The filenames are branch or tag names, and the content is the HASH value of the currently corresponding commit. Common folders include:

  • heads: Stores local branches. If a branch name contains "/", a corresponding directory structure is created. For example, for "feature/requirement1", a "feature" folder is created, containing the "requirement1" file.
  • remotes: Stores remote branches, using the remote repository name as the folder, such as "origin".
  • tags: Stores the names of tags.

Files

COMMIT_EDITMSG

Records the content of the last commit. If you use git commit (without -m), git commit --amend, or edit a message during a conflict resolution process, this file will be opened for editing. Some GUI tools may provide a UI for editing instead of opening this file when executing these commands.

TIP

The content brought into git commit --amend is not related to this file; rather, the content of the previous commit is written into this file for editing.

config

Stores Git settings for the repository. This file is similar to .gitconfig, but it is primarily for repository-specific settings.

description

Used by the Git Web GUI to read the repository's description information.

index

A binary file consisting of the repository file snapshot after the latest commit and the information of files added via git add.

Stores the name of the currently checked-out branch or a specific commit. When the current HEAD points to a branch (e.g., main), it displays ref: refs/heads/main; when HEAD points to a specific commit, it stores the HASH value of that commit.

ORIG_HEAD

Stores the state of HEAD before performing destructive operations (such as git reset, git merge, etc.), used to restore to the previous state if necessary.

FETCH_HEAD

Marks the record of the last git fetch for each branch. The format of each line is as follows:

text
{Commit SHA-1} [not-for-merge] branch '{branch name}' of {remote repository URL}

Example:

text
3b3a827b86d264f9c81bc77ef6e0e3df5e302ae8 not-for-merge branch 'main' of http://127.0.0.1/wing/Project

[not-for-merge]: Indicates that this node is not currently merged into the current branch. git pull is actually git fetch + git merge; if a merge behavior is triggered, this tag will not be included.
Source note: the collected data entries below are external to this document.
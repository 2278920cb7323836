// The list, block after block of lines: one pass over it for each and, where no row is at fault so far, the first pair
// that is lacking. A row at fault in a later block still comes before it.
ghost use Rattle.vetting.specs.Vets.{Vets};
ghost use Rattle.vetting.specs.work.Foreign.{FirstForeign};
ghost use Rattle.vetting.specs.work.Meant.{MeantOf};
ghost use Rattle.vetting.specs.work.Screened.{BlocksAsked};

use crate::Verdict;
use crate::lacks::first_lack;
use crate::pairs::Pairs;
use crate::repeats::first_repeat;

// The verdict; `row` is the first row that does not belong.
pub(crate) fn screen(list: &[u8], m: usize, row: usize, pairs: &Pairs) -> Verdict
    requires { BlocksAsked list.now m pairs.now × FirstForeign (MeantOf pairs.now) list.now m row }
    ensures { Vets (MeantOf pairs.now) list.now m result }
{
    let mut bits: [u64; 16384] = [0; 16384];
    // As many lines as the set has room for.
    let height = 1048576 / pairs.n;
    let mut r = row;
    let mut lack = None;
    let mut end: usize = 0;
    // Tried as (0..n.div_ceil(2)).step_by(height): the last block leaves past the invariant, with three cases a return.
    while 2 * end < pairs.n {
        let from = end;
        end = from + height;
        r = first_repeat(list, r, pairs.n, from, end, &mut bits);
        if r == m {
            lack = first_lack(&bits, lack, from, end, pairs);
        }
    }
    if r < m {
        return Verdict::Fault { row: r };
    }
    match lack {
        Some(lack) => Verdict::Missing {
            low: lack.low as u16,
            high: lack.high as u16,
        },
        None => Verdict::Yes,
    }
}
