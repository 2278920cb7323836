// The most branches on a path from the root to each node, from the parent's.
ghost use Rattle.std.specs.Prelude.{◌≡◌, ◌+◌, ◌≤◌, ◌<◌, length};
ghost use Rattle.arrays.specs.At.{at};
ghost use Rattle.mesh.specs.work.Hung.{InOrder};
ghost use Rattle.mesh.specs.work.Bands.{BandSizes};
ghost use Rattle.mesh.specs.work.Sweep.{LongerWay, SweptOn, Computed, Farthest};

use crate::bands::Bands;
use crate::hang::Tree;

#[derive(Drop)]
struct Step {
    base: u16,
    climb: u16,
}

// Where the ring goes on it begins as for the parent; else it begins at the parent.
fn advance(f: u16, g: u16, d: u16, b: u16, i: u16) -> Step
    requires { i < 1000 }
    ensures { SweptOn f g d b i result.base result.climb }
{
    if f == g {
        Step {
            base: b,
            climb: i + 1,
        }
    } else {
        Step { base: d, climb: 1 }
    }
}

// The longer way round a ring of m + 1 rows, i of them the one way, after b rows.
fn best(b: u16, i: u16, m: u16) -> u16
    requires { (b + 256 < 65536) × (0 < i) × (i ≤ 256) × (m ≤ 256) }
    ensures { LongerWay b i m result }
{
    if i + i > m { b + i } else { b + (m + 1 - i) }
}

// For each node the most branches on a path to it, and the two ways round its ring: how many come before the ring, and
// how many lie on it the one way.
#[derive(Drop)]
pub(crate) struct Swept {
    pub most: [u16; 256],
    pub base: [u16; 256],
    pub climb: [u16; 256],
}

// Root first, each node after its parent.
pub(crate) fn sweep(n: usize, tree: &Tree, bands: &Bands, swept: &mut Swept)
    requires { InOrder n tree.now.par tree.now.order × BandSizes n bands.now.over bands.now.size }
    ensures { Computed n (at tree.now.order 0) tree.now.par bands.now.over swept.new.most
        swept.new.base swept.new.climb × (length swept.new.most ≡ 256) }
{
    swept.most.fill(0);
    swept.base.fill(0);
    swept.climb.fill(0);
    for j in 1..n {
        let z = usize::from(tree.order[j]);
        let p = usize::from(tree.par[z]);
        let f = bands.over[z];
        let t = advance(
            bands.over[p],
            f,
            swept.most[p],
            swept.base[p],
            swept.climb[p],
        );
        let d = best(t.base, t.climb, bands.size[usize::from(f)]);
        swept.base[z] = t.base;
        swept.climb[z] = t.climb;
        swept.most[z] = d;
    }
}

// The first node with the greatest value.
pub(crate) fn farthest(d: &[u16; 256], n: usize) -> usize
    requires { (0 < n) × (n ≤ 256) }
    ensures { Farthest n d.now result }
{
    let mut z: usize = 0;
    for x in 1..n {
        if d[x] > d[z] {
            z = x;
        }
    }
    z
}
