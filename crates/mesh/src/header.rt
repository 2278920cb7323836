// The header of a version 3 table: refusals 1 to 6 as this version has them.
ghost use Rattle.mesh.specs.work.Head.{HeadTold};

use numbers::two;

// The node count and the number of rows.
#[derive(Clone, Copy, Drop)]
pub(crate) struct Head {
    pub nodes: usize,
    pub rows: usize,
}

// What a good header says, or the number that it is refused by.
pub(crate) fn open(s: &[u8]) -> Result<Head, u8>
    ensures { HeadTold s.now result }
{
    if s.len() < 12 {
        return Err(1);
    }
    if s[0] != b'R' || s[1] != b'T' || s[2] != b'N' {
        return Err(2);
    }
    if two(s, 3) != 3 {
        return Err(3);
    }
    let nodes = two(s, 5);
    if nodes < 1 || 256 < nodes {
        return Err(4);
    }
    if s[7] != 0 {
        return Err(5);
    }
    let rows = (s.len() - 12) / 12;
    if s.len() != 12 + 12 * rows {
        return Err(6);
    }
    Ok(Head {
        nodes: nodes as usize,
        rows,
    })
}
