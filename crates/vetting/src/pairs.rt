// The pairs that the rows are held against.
ghost use Rattle.std.specs.Prelude.{◌<◌};
ghost use Rattle.table.specs.work.Lift.{sum_end};
ghost use Rattle.limits.specs.work.Fits.{Decides, Fits};
ghost use Rattle.pages.specs.work.Lowered.{InSums};
ghost use Rattle.figures.specs.work.Figures.{Figures, FigureAsked};

use figures::{Figure, figure};
use limits::Limit;
use pages::Sums;

// The numbers of a net of n nodes laid out by spots, with the tables of its figures, and what a pair's figures must
// pass.
#[derive(Clone, Copy)]
pub(crate) struct Pairs<'a> {
    pub spot: &'a [u16; 4096],
    pub above: &'a [u16; 4096],
    pub tail: &'a [u16; 4096],
    pub front: &'a [u16; 4096],
    pub gap: &'a [u16; 4096],
    pub far: &'a [u64; 4096],
    pub heavy: &'a [u64; 4096],
    pub n: usize,
    pub limit: Limit,
    pub sums: Sums,
}

impl<'a> Pairs<'a> {
    pub(crate) fn figure(&self, a: usize, b: usize) -> Figure
        requires { FigureAsked self.now.n self.now.spot.now self.now.above.now self.now.tail.now
            self.now.front.now self.now.gap.now self.now.far.now self.now.heavy.now a b }
        ensures { Figures self.now.spot.now self.now.above.now self.now.far.now self.now.heavy.now a b
            result.length result.weight × (result.weight < sum_end) }
    {
        figure(
            self.spot, self.above, self.tail, self.front, self.gap, self.far, self.heavy, self.n,
            a, b,
        )
    }

    pub(crate) fn passes(&self, v: &Figure) -> bool
        ensures { Decides (Fits self.now.limit v.now.length × InSums self.now.sums v.now.weight) result }
    {
        pages::passes(v.length, v.weight, self.limit, self.sums)
    }
}
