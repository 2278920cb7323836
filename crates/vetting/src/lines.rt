// Where a pair's bit stands: lines of n bits, each for two first nodes, and the block of lines that the set has.
ghost use Rattle.std.specs.Prelude.{◌≡◌, ◌+◌, ◌≤◌, ◌<◌, length};
ghost use Rattle.vetting.specs.work.Lines.{Line, Column, Slot, SlotAsked, Block, Admitted};

use crate::bits::put;

// The line of first node a.
pub(crate) fn line_of(a: usize, n: usize) -> usize
    requires { (a < n) × (n ≤ 4096) }
    ensures { Line n a result }
{
    if 2 * a < n { a } else { n - 1 - a }
}

// The column of b beside it.
fn column_of(a: usize, b: usize, n: usize) -> usize
    requires { (a < b) × (b < n) × (n ≤ 4096) }
    ensures { Column n a b result }
{
    if 2 * a < n { b } else { n - 1 - b }
}

// The bit of the pair a, b, whose line t is one of the block's.
pub(crate) fn slot(t: usize, a: usize, b: usize, n: usize, from: usize) -> usize
    requires { SlotAsked n from t a b }
    ensures { Slot n from a b result × (result < 1048576) }
{
    n * (t - from) + column_of(a, b, n)
}

// Puts the pair a, b in, where it is one of the block's; false where it was in before.
pub(crate) fn admit(
    bits: &mut [u64; 16384],
    a: usize,
    b: usize,
    n: usize,
    from: usize,
    end: usize,
) -> bool
    requires { Block n from end × (a < b) × (b < n) × (length bits.old ≡ 16384) }
    ensures { Admitted n from end a b bits.old result bits.new }
{
    let t = line_of(a, n);
    if t < from || end <= t {
        return true;
    }
    put(bits, slot(t, a, b, n, from))
}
A Brief Discussion on Branches

From the Git structure described above, it is clear that branches and tags are simply objects pointing to specific commits. A tag points to a fixed commit object, while a branch updates with every commit. The branch graph starts from the commit object the branch points to, traces back to the previous commit object recorded, and eventually produces the complete commit history structure.

The above was just to review the content from the Git course I took with Po-Ge a few years ago; what follows is the main part where I start rambling.

From the perspective of fantasy novels, the branch graph is like a known timeline, branches represent the current nodes, and tags are fixed historical coordinates. After each commit, if you use git reset or git rebase, the nodes before restoration are still stored in the "objects" folder. The commit nodes in the branch graph are the determined past, while the nodes before git reset are the possible futures. HEAD represents the current location in space-time. To travel through time, you can only see historical coordinates (tags) and known timelines (branch graphs); everything else must be queried using git reflog.

Change History

  • 2024-07-31 Initial version created.
  • 2024-09-20 Removed descriptions regarding version control for ".gitconfig" in the root directory, as it does not take effect.